# pics



## ms32462 (Jan 5, 2013)

tell me what u see and how im doing just by pics if u have any suggestions


----------



## Pantherlikher (Jan 5, 2013)

Hi...
First... back up and use the zoom feature on the camera. It lets the camera see what it's trying to focus on.
second and most important... What are you doing?
Good explanations of what you started with and what we're looking at are always great for letting others take an educated guess at what's what.
To me, looks like you might be ?... I donno... I can't even guess as to what you are disolving, or trying to. 

BS.
Sometimes a picture does NOT say a thousand words...


----------



## freechemist (Jan 5, 2013)

Hi ms32462,

What I see most accurately from your picture-series are a few nicely aged and dried autumn leaves (nearly sharp enough) under what seems to be a wooden benchtop. Thus, my suggestions:

1.) Please give a short explanation of what you did / the pictures should illustrate.
2.) Take a new series of pictures, - and now, much sharper, - and repost them, using e.g. kadrivers pictures as a benchmark to orient yourself upon.

Regards, freechemist


----------



## tek4g63 (Jan 5, 2013)

I like this.

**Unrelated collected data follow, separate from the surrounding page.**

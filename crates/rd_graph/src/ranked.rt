//! Places with their ranks, as runs of places that follow each other and have one rank.
ghost use Rattle.std.specs.Prelude.{◌≡◌, ◌-◌, ◌≤◌, ◌++◌, ◌∷◌, [], IfOk, OnOk, IsPermutation, length, map};
ghost use Rattle.std.specs.List.Sorted.{IsNonDecreasingBy, IsStableByKey};
ghost use Rattle.std.specs.Ordering.{nat_cmp};
ghost use Rattle.rd_graph.specs.Runs.{places_of, up_from};
ghost use Rattle.rd_graph.specs.Internal.Walks.{staying};
ghost use Rattle.rd_graph.specs.Internal.Ranks.{alike, spread};

use crate::aside::set_aside;
use crate::runs::{Run, push_places};
use crate::stays::Stays;
use std::alloc::{AllocError, Global};

/// So many places that follow each other, and the first of them; and their rank.
#[derive(Clone, Copy)]
pub(crate) struct RankedRun {
    pub(crate) rank: usize,
    pub(crate) from: usize,
    pub(crate) count: usize,
}

/// Puts so many places from one on at the end, with one rank.
pub(crate) fn push_ranked_run(
    runs: &mut Vec<RankedRun>,
    rank: usize,
    from: usize,
    count: usize,
) -> Result<(), AllocError>
    ensures { OnOk result (spread runs.new.items ≡ spread runs.old.items ++ alike rank (up_from from count)) }
{
    runs.push(RankedRun { rank, from, count })?;
    Ok(())
}

/// Puts those places of a stretch at the end that stay, with one rank.
pub(crate) fn push_staying(
    runs: &mut Vec<RankedRun>,
    stays: &Stays,
    rank: usize,
    from: usize,
    to: usize,
) -> Result<(), AllocError>
    requires { to ≤ length stays.now }
    ensures { OnOk result (spread runs.new.items ≡ spread runs.old.items ++ alike rank (staying stays.now from (to - from))) }
{
    let mut place = from;
    while place < to {
        let first = stays.next_staying(place, to);
        let end = stays.next_gone(first, to);
        push_ranked_run(runs, rank, first, end - first)?;
        place = end;
    }
    Ok(())
}

/// The runs by their ranks, those of one rank as they stood.
pub(crate) fn sort(runs: &mut Vec<RankedRun>) -> Result<(), AllocError>
    ensures same { IsPermutation runs.old.items runs.new.items }
    ensures sorted { OnOk result (IsNonDecreasingBy (λ r. r.rank) runs.new.items) }
    ensures stable { IsStableByKey (λ r. r.rank) nat_cmp runs.old.items runs.new.items }
{
    runs.sort_by_key(|r| r.rank)?;
    Ok(())
}

/// The places alone, as runs, the first place `apart` of another kind not after those before it. What is not in its order is set
/// aside.
pub(crate) fn places_alone(
    alloc: Global,
    ranked: &[RankedRun],
    apart: usize,
) -> Result<Vec<Run>, AllocError>
    ensures { IfOk result (λ v. places_of v.items ≡ map (λ p. p.1) (spread ranked.now)) }
{
    let mut runs = Vec::new(alloc);
    for run in ranked {
        push_places(&mut runs, run.from, run.count, apart, false)?;
    }
    set_aside(alloc, &mut runs, apart)?;
    Ok(runs)
}
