//! Whether a line keeps the order of a graph.
ghost use Rattle.std.specs.Prelude.{◌≡◌, ◌↔◌, true, Contains};
ghost use Rattle.rd_graph.specs.Graphs.{GoesForward, Precedes};
ghost use Rattle.rd_graph.specs.Internal.Seen.{seen};
ghost use Rattle.rd_graph.specs.Orders.{Before, Once};

use crate::before::Name;
use crate::graph::Node;
use crate::places::Places;
use rd_keys::EntryKey;

/// Does one name come before another in a line?
fn is_before(line: &Places, a: EntryKey, b: EntryKey) -> bool
    requires { Once line.now }
    ensures { result ≡ true ↔ Before line.now a b }
{
    let Some(i) = line.find(a) else {
        return false;
    };
    let Some(j) = line.find(b) else {
        return false;
    };
    i < j
}

/// Do all these names come before another in a line?
fn are_before(line: &Places, names: &[Name], b: EntryKey) -> bool
    requires { Once line.now }
    ensures { result ≡ true ↔ ((a : EntryKey) → Contains names.now a → Before line.now a b) }
{
    for a in names {
        if !is_before(line, a.key, b) {
            return false;
        }
    }
    true
}

/// Do the direct predecessors of a node come before it in a line?
fn is_after(line: &Places, node: &Node) -> bool
    requires { Once line.now }
    ensures { result ≡ true
        ↔ ((a : EntryKey) → Contains node.now.before.items a → Before line.now a node.now.key) }
{
    are_before(line, &node.before, node.key)
}

/// Does each edge go forward in a line?
pub(crate) fn go_forward(line: &Places, nodes: &[Node]) -> bool
    requires { Once line.now }
    ensures { result ≡ true ↔ GoesForward (Precedes (seen nodes.now)) line.now }
{
    for node in nodes {
        if !is_after(line, node) {
            return false;
        }
    }
    true
}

Its like a guessing game.

OK my guess is; Your processing monolithic capacitors. And you would like input about the test swab coloration.

Did I win? :mrgreen:


----------



## jimdoc (Jan 5, 2013)

Looks like catalytic converter beads.


----------



## patnor1011 (Jan 5, 2013)

I see unfinished glass of beer, coffee with some granules in there and you just cleaned your ears. :mrgreen:


----------



## Anonymous (Jan 6, 2013)

patnor1011 said:


> I see unfinished glass of beer, coffee with some granules in there and you just cleaned your ears. :mrgreen:



I must be a little sicker in the head Pat, because I saw some pretty narsty urine samples. He should go to the Docs :shock:


----------



## freechemist (Jan 6, 2013)

In my much less decent view, than patnor1011's, I see a finished glass of beer, already being gone the way of it's natural human metabolism.


----------



## NoIdea (Jan 6, 2013)

freechemist said:


> In my much less decent view, than patnor1011's, I see a finished glass of beer, already being gone the way of it's natural human metabolism.



looking at the colour, i would say a whole lotta beer and its the day after, at least its clear :lol:


----------